I’ve found that generic statements about sql optimization/performance are not very useful in practice. There are numerous things that affect the performance of a relational db, not least of which is the specific DBMS e.g MySQL with InnoDB optimizes count(*) to use an index scan which is quite performant.
“Extra processing when someone likes a post”??? Total nonsense 😂😂😂
Unless you use column store indexes…
The exact number of likes is not business-critical, for large numbers. A new, time-stamped entity: ' estimated number of likes' does *not* denormalize the database. All it takes is a semantic confession that the cache is not necessarily up to date.

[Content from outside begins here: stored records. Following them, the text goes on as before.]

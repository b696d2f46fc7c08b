//! That what a full collection makes of the words of an image keeps the graph, and answers who waits: laws, as theorems and no code.

ghost use Rattle.image_graph.specs.Image.{StandingHolds, PackedStands};
ghost use Rattle.image_graph.specs.Laws.{ReachableAreHeld, PackingKeepsGraph, KeptAreHeld};
ghost use Rattle.image_graph.specs.Promised.{KeptAreLive, KeptAreLiveOrPromised, OpenKeptAreFewer};
ghost use Rattle.image_graph.specs.RequestsServed.{ServingAnswers};
ghost use Rattle.image_graph.specs.Serving.{ServingStands, FullStands, FullIsCrowded};

/// A law: what root words lead to, by current copies, are exactly the current copies of the objects that the graph
/// reaches.
pub fn reachable_are_held()
    ensures { ReachableAreHeld }
{}

/// A law: packing what root words lead to, by current copies, around the regions that are shut keeps the graph that the words stand
/// for. The tops of the open regions are then together the words of the objects kept there.
pub fn packing_keeps_graph()
    ensures { PackingKeepsGraph }
{}

/// A law: the walk over the words of an image finds exactly the objects that its root words lead to, by current copies.
pub fn kept_are_held()
    ensures { KeptAreHeld }
{}

/// A law: each waiting request is answered, by an address where a region has room for it at its turn, and by 1 exactly
/// where no region has.
pub fn serving_answers()
    ensures { ServingAnswers }
{}

/// A law: what is kept has no more words than what the graph reaches.
pub fn kept_are_live()
    ensures { KeptAreLive }
{}

/// A law: where threads have objects that they have not taken yet, what is kept has no more words than what the graph
/// reaches and those objects.
pub fn kept_are_live_or_promised()
    ensures { KeptAreLiveOrPromised }
{}

/// A law: where objects are pinned, what is kept in regions without one has no more words than what the graph reaches and is
/// not pinned, and what is promised.
pub fn open_kept_are_fewer()
    ensures { OpenKeptAreFewer }
{}

/// A law: words that stand for a graph, with no old copies, hold it by current copies.
pub fn standing_holds()
    ensures { StandingHolds }
{}

/// A law: words that hold a graph by current copies stand for the same graph once what is held was packed.
pub fn packed_stands()
    ensures { PackedStands }
{}

/// A law: serving waiting requests keeps the graph. The objects that are made for them are further promises.
pub fn serving_stands()
    ensures { ServingStands }
{}

/// A law: a full collection keeps the graph that the words of an image hold by current copies.
pub fn full_stands()
    ensures { FullStands }
{}

/// A law: a request is answered that the heap is full only where live objects that are not pinned, promised ones and what was given
/// before it crowd the regions without a pinned object.
pub fn full_is_crowded()
    ensures { FullIsCrowded }
{}
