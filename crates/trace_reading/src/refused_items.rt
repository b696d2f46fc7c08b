//! Words where items are to stand.
ghost use Rattle.std.specs.Prelude.{◌≡◌};
ghost use Rattle.trace_reading.specs.Codes.{is_code};
ghost use Rattle.trace_reading.specs.Causes.{counted_cause, until_cause, item_cause, items_cause, schedule_cause, parts_behind};

use crate::numbers::{is_number, range_cause};
use crate::parts::next_word;
use crate::{Why, digits_at};
use heap_words::{Config, Place};

/// The most steps, or replies, of an item.
const MOST_COUNT: u64 = 4_000_000_000;

/// Whether a text is the code of a place.
fn is_code(text: &[u8]) -> bool
    ensures { result ≡ is_code text.now }
{
    match text {
        [first, second] => Place::of([*first, *second]).is_some(),
        _ => false,
    }
}

/// Why a machine up to `most` and a count are none.
#[tactic(auto, unfolding(crate::specs::Causes::counted_cause))]
fn counted_cause(most: u64, machine: &[u8], count: &[u8]) -> Option<Why>
    ensures { result ≡ counted_cause most machine.now count.now }
{
    if !is_number(machine) || !is_number(count) {
        return Some(Why::Item);
    }
    match range_cause(1, most, machine) {
        Some(why) => Some(why),
        None => range_cause(1, MOST_COUNT, count),
    }
}

/// Why a machine up to `most` and the code of a place are none.
#[tactic(auto, unfolding(crate::specs::Causes::until_cause))]
fn until_cause(most: u64, machine: &[u8], code: &[u8]) -> Option<Why>
    ensures { result ≡ until_cause most machine.now code.now }
{
    if is_number(machine) && is_code(code) {
        range_cause(1, most, machine)
    } else {
        Some(Why::Item)
    }
}

/// Why a word is no item.
#[tactic(auto, unfolding(crate::specs::Causes::item_cause))]
fn item_cause(config: &Config, word: &[u8]) -> Option<Why>
    ensures { result ≡ item_cause config.now word.now }
{
    let (machine, aim) = word.split_at(digits_at(word));
    match aim {
        [b':', count @ ..] => counted_cause(config.seats() as u64, machine, count),
        [b'=', count @ ..] => counted_cause(config.mutators() as u64, machine, count),
        [b'@', code @ ..] => until_cause(config.seats() as u64, machine, code),
        _ => Some(Why::Item),
    }
}

/// Why these words are no items: the first cause, from left to right.
fn items_cause(config: &Config, words: &[u8]) -> Option<Why>
    ensures { result ≡ items_cause config.now (parts_behind 32 words.now) }
{
    let mut rest = words;
    'items: while let Some((word, behind)) = next_word(rest) {
        if let Some(why) = item_cause(config, word) {
            return Some(why);
        }
        rest = behind;
    }
    None
}

/// Why the words behind the mark of a line of the schedule are none.
pub(crate) fn schedule_cause(config: &Config, words: &[u8]) -> Option<Why>
    ensures { result ≡ schedule_cause config.now (parts_behind 32 words.now) }
{
    if words.is_empty() {
        Some(Why::Item)
    } else {
        items_cause(config, words)
    }
}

I thought he said “counting bros”
Interesting, keep up the content
this what i do...because i also encounter the same issue 😂
I thought in row type, db updates are expensive than insert.
The better option for this is use optimistic update in frontend side and send events using sns, topics, sqs.... whatever.. and if you wants betters results process that's events in batch to celebrities users like JB..
store in a virtual bucket and peek when reading is needed. couchbase for example
lmao justin bieber could have held instagram hostage by just uploading photos
Thing is they should have known how many users on Instagram then expand the cache or storage..... 😊buh they've done a great job 👏
what app that used on this video pls?
Too many things to worry about sql
This is a simplification. Nowadays we’re using big data processing like map reduce with probabilistic data structures for the real time counts
Could you elaborate on “probabilistic data structures” and what’s out there to achieve that?
So there’s a chance likes can get screwed up. You still have a likes table and maybe once a day you can reconcile the total likes to the likes table.